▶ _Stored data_
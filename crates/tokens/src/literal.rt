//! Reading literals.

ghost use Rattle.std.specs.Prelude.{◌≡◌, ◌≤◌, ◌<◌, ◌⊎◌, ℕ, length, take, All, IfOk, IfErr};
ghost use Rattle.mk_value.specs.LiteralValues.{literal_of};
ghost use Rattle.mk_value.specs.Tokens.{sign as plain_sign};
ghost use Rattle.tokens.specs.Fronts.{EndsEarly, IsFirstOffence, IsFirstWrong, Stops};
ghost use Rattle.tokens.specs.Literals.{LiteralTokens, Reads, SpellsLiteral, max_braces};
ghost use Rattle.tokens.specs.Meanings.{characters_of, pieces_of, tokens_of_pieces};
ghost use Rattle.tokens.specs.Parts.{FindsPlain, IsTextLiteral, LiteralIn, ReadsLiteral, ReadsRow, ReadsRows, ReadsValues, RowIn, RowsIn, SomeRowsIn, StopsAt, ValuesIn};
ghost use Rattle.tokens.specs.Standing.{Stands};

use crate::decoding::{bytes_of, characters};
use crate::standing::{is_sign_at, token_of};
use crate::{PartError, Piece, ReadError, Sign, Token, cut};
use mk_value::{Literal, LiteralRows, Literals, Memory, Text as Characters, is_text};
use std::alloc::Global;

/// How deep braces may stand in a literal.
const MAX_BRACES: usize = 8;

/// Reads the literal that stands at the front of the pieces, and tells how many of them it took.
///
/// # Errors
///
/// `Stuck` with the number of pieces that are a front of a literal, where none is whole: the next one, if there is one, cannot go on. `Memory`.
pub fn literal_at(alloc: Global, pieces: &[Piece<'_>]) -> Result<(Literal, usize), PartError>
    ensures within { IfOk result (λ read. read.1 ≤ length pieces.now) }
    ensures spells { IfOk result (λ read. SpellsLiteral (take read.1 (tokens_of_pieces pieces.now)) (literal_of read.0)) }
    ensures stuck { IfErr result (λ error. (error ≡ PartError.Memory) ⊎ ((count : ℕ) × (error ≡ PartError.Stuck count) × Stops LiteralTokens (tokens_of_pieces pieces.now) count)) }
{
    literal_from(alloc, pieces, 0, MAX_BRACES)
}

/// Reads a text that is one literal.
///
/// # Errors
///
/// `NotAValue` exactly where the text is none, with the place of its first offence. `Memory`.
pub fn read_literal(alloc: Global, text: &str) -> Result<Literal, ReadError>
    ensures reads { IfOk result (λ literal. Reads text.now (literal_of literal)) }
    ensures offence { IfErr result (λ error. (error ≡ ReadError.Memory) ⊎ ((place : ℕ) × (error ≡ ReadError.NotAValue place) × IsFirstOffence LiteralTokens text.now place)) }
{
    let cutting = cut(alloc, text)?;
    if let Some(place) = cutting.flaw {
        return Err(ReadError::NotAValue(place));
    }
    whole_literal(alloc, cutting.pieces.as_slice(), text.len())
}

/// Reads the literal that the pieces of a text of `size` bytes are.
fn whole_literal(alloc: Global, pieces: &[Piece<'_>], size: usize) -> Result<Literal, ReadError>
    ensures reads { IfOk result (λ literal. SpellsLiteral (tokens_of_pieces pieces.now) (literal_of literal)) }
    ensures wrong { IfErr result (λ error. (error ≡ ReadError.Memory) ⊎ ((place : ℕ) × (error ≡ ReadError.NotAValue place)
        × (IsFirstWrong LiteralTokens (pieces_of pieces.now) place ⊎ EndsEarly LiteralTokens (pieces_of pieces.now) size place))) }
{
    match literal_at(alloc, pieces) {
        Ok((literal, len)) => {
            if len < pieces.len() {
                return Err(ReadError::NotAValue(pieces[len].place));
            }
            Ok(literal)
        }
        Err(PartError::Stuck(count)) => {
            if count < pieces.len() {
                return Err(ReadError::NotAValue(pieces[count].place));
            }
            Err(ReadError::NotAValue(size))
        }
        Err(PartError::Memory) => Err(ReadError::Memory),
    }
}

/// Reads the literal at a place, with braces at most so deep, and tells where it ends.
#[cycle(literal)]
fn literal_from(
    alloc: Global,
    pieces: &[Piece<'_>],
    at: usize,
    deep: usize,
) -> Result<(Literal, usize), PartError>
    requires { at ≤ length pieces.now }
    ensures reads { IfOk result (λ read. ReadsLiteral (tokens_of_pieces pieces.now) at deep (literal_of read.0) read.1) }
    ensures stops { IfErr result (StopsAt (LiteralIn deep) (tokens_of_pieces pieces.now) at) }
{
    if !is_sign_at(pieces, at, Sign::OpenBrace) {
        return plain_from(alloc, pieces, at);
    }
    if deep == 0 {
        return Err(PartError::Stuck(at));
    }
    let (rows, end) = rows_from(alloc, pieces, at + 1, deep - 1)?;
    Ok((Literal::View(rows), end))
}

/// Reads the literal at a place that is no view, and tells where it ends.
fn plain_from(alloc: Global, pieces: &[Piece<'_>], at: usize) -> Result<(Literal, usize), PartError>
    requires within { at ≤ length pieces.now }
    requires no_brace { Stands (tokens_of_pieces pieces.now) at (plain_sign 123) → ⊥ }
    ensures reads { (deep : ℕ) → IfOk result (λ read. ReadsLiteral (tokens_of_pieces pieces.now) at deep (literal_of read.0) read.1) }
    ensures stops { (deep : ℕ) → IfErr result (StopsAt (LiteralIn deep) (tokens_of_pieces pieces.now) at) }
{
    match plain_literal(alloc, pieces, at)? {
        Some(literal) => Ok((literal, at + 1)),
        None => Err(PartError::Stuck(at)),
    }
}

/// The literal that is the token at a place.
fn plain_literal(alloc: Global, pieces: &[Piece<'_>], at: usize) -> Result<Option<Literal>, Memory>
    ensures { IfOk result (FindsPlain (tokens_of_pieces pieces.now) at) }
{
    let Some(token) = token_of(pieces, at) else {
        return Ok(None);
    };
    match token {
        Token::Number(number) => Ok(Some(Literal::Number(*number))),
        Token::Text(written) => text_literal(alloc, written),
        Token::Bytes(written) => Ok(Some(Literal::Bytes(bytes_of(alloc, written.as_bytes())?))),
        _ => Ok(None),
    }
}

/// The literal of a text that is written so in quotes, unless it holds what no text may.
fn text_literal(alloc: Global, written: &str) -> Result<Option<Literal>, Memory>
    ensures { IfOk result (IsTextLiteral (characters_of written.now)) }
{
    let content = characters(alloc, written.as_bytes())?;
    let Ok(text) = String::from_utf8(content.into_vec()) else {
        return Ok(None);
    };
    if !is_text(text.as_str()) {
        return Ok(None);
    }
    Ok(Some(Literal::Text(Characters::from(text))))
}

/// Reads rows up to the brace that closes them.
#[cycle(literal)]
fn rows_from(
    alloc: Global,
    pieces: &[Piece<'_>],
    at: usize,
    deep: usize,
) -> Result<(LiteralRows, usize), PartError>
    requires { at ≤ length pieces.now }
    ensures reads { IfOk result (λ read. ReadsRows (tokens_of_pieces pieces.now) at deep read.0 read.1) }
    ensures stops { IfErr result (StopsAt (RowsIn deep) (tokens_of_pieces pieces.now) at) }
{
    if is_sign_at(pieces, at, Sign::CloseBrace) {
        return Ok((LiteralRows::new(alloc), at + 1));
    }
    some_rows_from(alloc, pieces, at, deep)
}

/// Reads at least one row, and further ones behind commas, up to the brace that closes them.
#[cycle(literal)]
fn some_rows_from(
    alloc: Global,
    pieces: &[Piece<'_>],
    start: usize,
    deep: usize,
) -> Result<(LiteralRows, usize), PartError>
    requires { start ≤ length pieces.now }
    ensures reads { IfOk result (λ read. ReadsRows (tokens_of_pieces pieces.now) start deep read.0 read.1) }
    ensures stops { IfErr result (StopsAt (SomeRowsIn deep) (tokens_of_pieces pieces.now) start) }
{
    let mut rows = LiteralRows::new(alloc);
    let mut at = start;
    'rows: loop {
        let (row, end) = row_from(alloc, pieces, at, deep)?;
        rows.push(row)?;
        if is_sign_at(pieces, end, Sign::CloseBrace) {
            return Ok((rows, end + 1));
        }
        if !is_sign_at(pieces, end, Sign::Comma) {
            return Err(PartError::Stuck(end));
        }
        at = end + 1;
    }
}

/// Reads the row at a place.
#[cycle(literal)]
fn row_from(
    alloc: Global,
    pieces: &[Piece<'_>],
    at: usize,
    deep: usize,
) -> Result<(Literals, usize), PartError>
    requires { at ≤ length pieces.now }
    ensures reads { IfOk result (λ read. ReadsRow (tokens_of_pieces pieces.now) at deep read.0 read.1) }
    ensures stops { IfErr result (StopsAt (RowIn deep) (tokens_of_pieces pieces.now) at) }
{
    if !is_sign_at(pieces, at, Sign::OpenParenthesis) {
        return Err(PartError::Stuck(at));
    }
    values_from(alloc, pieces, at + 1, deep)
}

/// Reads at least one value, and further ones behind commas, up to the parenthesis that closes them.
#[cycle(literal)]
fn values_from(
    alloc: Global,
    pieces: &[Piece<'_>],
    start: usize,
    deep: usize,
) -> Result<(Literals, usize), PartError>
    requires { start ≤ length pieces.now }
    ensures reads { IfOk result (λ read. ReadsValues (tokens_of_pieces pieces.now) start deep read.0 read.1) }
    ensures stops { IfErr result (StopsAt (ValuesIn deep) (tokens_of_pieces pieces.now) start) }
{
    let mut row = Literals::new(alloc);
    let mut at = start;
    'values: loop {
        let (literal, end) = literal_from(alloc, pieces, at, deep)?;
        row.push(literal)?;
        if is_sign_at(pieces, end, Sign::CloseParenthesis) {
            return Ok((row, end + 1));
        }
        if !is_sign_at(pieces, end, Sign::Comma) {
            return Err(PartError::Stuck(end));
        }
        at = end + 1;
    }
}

▶ _Exercise brief_
Copy each line above that has the word "ones".

▶ _Reply_
/// Reads at least one row, and further ones behind commas, up to the brace that closes them.
/// Reads at least one value, and further ones behind commas, up to the parenthesis that closes them.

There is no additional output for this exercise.